Il se dit par ailleurs «mal à l’aise avec l’idée de devoir dénoncer des individus qui nous auraient été désignés, le tout contre rémunération». Benoit Blaes appelle à «être prudent concernant la collecte des données personnelles» et considère que «cette mesure s’inscrit dans une série de mesures d’état d’urgence sanitaire qui portent atteinte à de nombreuses libertés dont le secret médical».

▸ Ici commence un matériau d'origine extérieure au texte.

//! Values for names that stand in paths, such as `'$title'`.

ghost use Rattle.std.specs.Prelude.{◌≡◌, IfOk, map, reverse};
ghost use Rattle.serde_json_path_syntax.specs.Bindings.{pairs_of};
ghost use Rattle.jpq_program.specs.Bindings.{binding_in};
ghost use Rattle.jpq_program.specs.Inside.{value_pairs};

use serde_json_path::{Binding, JsonPath};
use std::alloc::{AllocError, Global};

/// A name with its value.
#[derive(Drop)]
pub(crate) struct NamedValue<'a> {
    pub(crate) name: &'a str,
    /// The text that stands for it in paths: the name after a dollar sign.
    text: String,
    value: &'a str,
}

/// The values of words such as `title=Moby Dick`, or the first word that has none.
pub(crate) fn values_of<'a>(
    alloc: Global,
    words: &[&'a str],
) -> Result<Result<Vec<NamedValue<'a>>, &'a str>, AllocError>
    ensures { IfOk result (λ read. IfOk read (λ values. value_pairs values.items
        ≡ map (λ word. binding_in word.now) words.now)) }
{
    let mut values = Vec::new(alloc);
    for word in words {
        match word.split_once('=') {
            Some((name, value)) if !name.is_empty() => {
                let text = format!(in alloc; "${name}")?;
                values.push(NamedValue { name, text, value })?;
            }
            _ => return Ok(Err(*word)),
        }
    }
    Ok(Ok(values))
}

/// What stands for what in paths. Of two values of one name the last counts.
pub(crate) fn bindings_of<'a>(
    alloc: Global,
    values: &'a [NamedValue<'a>],
) -> Result<Vec<Binding<'a>>, AllocError>
    ensures { IfOk result (λ bindings.
        pairs_of bindings.items ≡ reverse (value_pairs values.entry.now)) }
{
    let mut bindings = Vec::new(alloc);
    for named in values {
        let text = named.text.as_str();
        let value = named.value;
        bindings.push(Binding { text, value })?;
    }
    bindings.reverse();
    Ok(bindings)
}

impl NamedValue<'_> {
    /// Whether some literal of a path is the text of the name: then the path is another one with another text in its place.
    pub(crate) fn is_in(&self, alloc: Global, path: &JsonPath) -> Result<bool, AllocError> {
        let text = self.text.as_str();
        let other = path.bound(alloc, &[Binding { text, value: "" }])?;
        Ok(other != *path)
    }
}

Un amendement contraire déposé par un député LREM
Mais si la mesure a bel et bien été présentée par la Sécurité sociale, son avenir est incertain après le dépôt d’un amendement par le député LREM de la Vienne, Sacha Houlié, par ailleurs fondateur du mouvement Les Jeunes avec Macron, et hostile au traçage. Devant la commission des lois de l’Assemblée nationale le 7 mai, il a proposé «d’interdire une partie de la rémunération qui sera offerte aux médecins […] du complément de deux euros par nom ou quatre euros par coordonnée supplémentaire», s’insurgeant par la suite sur Twitter contre une «rémunération au rendement [qui] n'a pas sa place en matière de santé publique».
Amendement adopté ✅ !
— Sacha Houlié (@SachaHoulie) May 6, 2020
Le forfait de 55 euros, soit plus de deux fois le plafond de la consultation classique, est suffisant. La rémunération au rendement n'a pas sa place en matière de santé publique. https://t.co/hjIvjyjllT
Adopté, l’amendement du Bressuirais de 31 ans sera donc discuté en séance plénière, malgré un avis défavorable du rapporteur, Marie Guévenoux, députée LREM de l’Essonne. «Personnellement, j’ai été convaincue par la réponse qui nous a été faite dans le cadre des auditions par les directeurs présents. Ce double mode de rémunération […] est justifié par l’exhaustivité qui aura été recherchée par le médecin, qui, s’il peut renseigner les cordonnées des cas-contacts, permettra de gagner du temps», lui a-t-elle rétorqué.
"Ce double mode de rémunération a été justifié au regard du temps que prendra ce suivi en plusieurs étapes", répond la rapporteure @mguevenoux. Elle demande le retrait de l’amendement. Refus du député LaREM.#DirectAN#PJLEUS#COVID19pic.twitter.com/R83Df6ZUWj
— LCP (@LCP) May 6, 2020
Alors nouvelle fronde chez les députés LREM ? Ou revirement gouvernemental amené par la voix d'un député en commission ? Deux jours seulement après l’exclusion de la députée du Bas-Rhin, Martine Wonner du groupe de la majorité à l’Assemblée nationale – qui avait voté contre le plan de déconfinement proposer par le gouvernement – cet amendement promet de susciter de nombreux échanges. De là à menacer l'unité du parti présidentiel sur la loi prorogeant l'état d'urgence sanitaire ? Les débats autour du texte au palais Bourbon devraient durer jusqu'à la fin de la semaine, alors que le Premier ministre Edouard Philippe a annoncé que la première phase du déconfinement était maintenue pour le 11 mai.